Wilton Manors Police Chief Gary Blocker announced his department is recommitting efforts to achieve a conviction in the horrific murder of a gay couple.
Earlier this year, citing a procedural error, the Florida Supreme Court granted Peter Avsenew a new trial. Avsenew is charged with the 2010 killing of Wilton Manors couple Stephen Adams and Kevin Powell. The case has been sent back to the 17th Judicial Circuit because a key witness — Avsenew’s mother — testified virtually in a way that prevented her from seeing the defendant.
“We believe the killer murdered Stephen and Kevin because they were gay,” Blocker said. “We will stand up for Stephen, Kevin, their families, our community and the greater LGBTQ+ community and our allies working toward a second conviction. Anything less would be unacceptable.”

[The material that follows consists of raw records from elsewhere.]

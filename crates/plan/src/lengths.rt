ghost use Rattle.std.specs.Prelude.{◌≡◌, ℕ, ◌<◌, map, length, IfOk};
ghost use Rattle.graph.specs.Whole.{graph_of};
ghost use Rattle.model.specs.Canonical.{length_of};
ghost use Rattle.model.specs.Lists.{In};
ghost use Rattle.model.specs.Times.{largest, lengths};
ghost use Rattle.plan.specs.Tables.{lengths_of};

use graph::Graph;
use schedule::Timeline;
use std::alloc::{AllocError, Global};

// The remaining length of each segment, found from the last segment back to the first.
pub(crate) fn remaining_lengths(
    heap: Global,
    graph: &Graph,
    timelines: &[Timeline],
) -> Result<Vec<u64>, AllocError>
    requires { lengths_of timelines.now ≡ map (length_of graph.now.cores) (graph_of graph.now).segments }
    ensures { IfOk result (λ v. v.items ≡ lengths graph.now.cores 0 (graph_of graph.now).segments) }
{
    let count = graph.segments.len();
    let mut remaining = vec![in heap; 0u64; count]?;
    // By number and not over the segments: a length is written at its own place and read at those of the exits.
    for s in (0..count).rev() {
        let after = largest(remaining.as_slice(), graph.segments[s].exits.as_slice());
        remaining[s] = timelines[s].length + after;
    }
    Ok(remaining)
}

// The largest of the remaining lengths at some exits, 0 where there are none.
fn largest(remaining: &[u64], exits: &[u32]) -> u64
    requires { (e : ℕ) → In e exits.now → e < length remaining.now }
    ensures { result ≡ largest remaining.now 0 exits.now }
{
    exits
        .iter()
        .map(|exit| remaining[*exit as usize])
        .max()
        .unwrap_or(0)
}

Blocker said a trial date has not been set but asked for thoughts and prayers for the families that will have to relive the tragic killings in court again. Avsenew was convicted of first-degree murder in 2017 and given the death penalty. He boasted that he “was not sorry” and in a hand written letter to a judge wrote, “homosexuals are a disease to mankind and must be put down.”
“Back then this crime was big for our community,” Blocker said. “It was big and impactful and it should be as we move forward yet again.”
Adams and Powell had been together for 29 years before they were shot and bludgeoned to death days before Christmas in 2010. Avsenew, now 37 and an inmate at Union Correctional Institution in Raiford, allegedly met the couple through a sexually suggestive ad on Craig’s List and moved in with them weeks prior to the killing.
Other notes from the March 8 meeting:
Blocker awarded officer Daniel Leone and code compliance administrative assistant Denise Smith with officer and civilian employee awards for the quarter. Officer Daniel Plunske received the 2021 Officer of the Year Award and Alberto Carrillo, crime intelligence analyst, was posthumously awarded the Civilian Employee of the Year Award. “Al achieved great success because of one simple yet powerful word: love,” Blocker said.
Community Affairs Advisory Board chairman Michael Sansevero announced a new public art installation. The sculpture, titled “Ice Pops,” is located at Rachel Richardson Park. “It’s a beautiful addition to the central neighborhood,” Sansevero said. Elsewhere, Sansevero is accepting donations to repair the “Slices of Heaven” sculpture at the SunServe building. The citrus-themed piece collapsed due to water leakage.
"Ice Pops." Courtesy of Robert Hadley.
On a 3-2 vote, commissioners approved a lease agreement with Echo Air Conditioning for 1,200 square feet of floor space at 2200 NE 12th Avenue. Commissioners Mike Bracchi and Gary Resnick objected to the deal on the grounds rent was well below market rate. The lease will provide $1,140 monthly revenue to the city’s water utility fund.
Commissioners gave the go-ahead to join national litigation in opioid-related settlements.
“This resolution wisely states that this also applies to any future opioid settlements,” resident Paul Kuta said. “This is important because just last week Purdue Pharmaceuticals finally agreed to a revised, multi-billion-dollar settlement over its role in the opioid crisis with almost all states and thousands of local governments.”
Commissioner Chris Caputo asked for more focus on traffic safety. Commissioner Gary Resnick echoed Caputo’s request and proposed getting Florida Senator Gary Farmer and other state representatives involved. Resnick said either a change in design or lower speed limits are desperately needed on Powerline Road. “It’s absolutely not safe,” he said.
The next regular commission meeting is scheduled for March 22.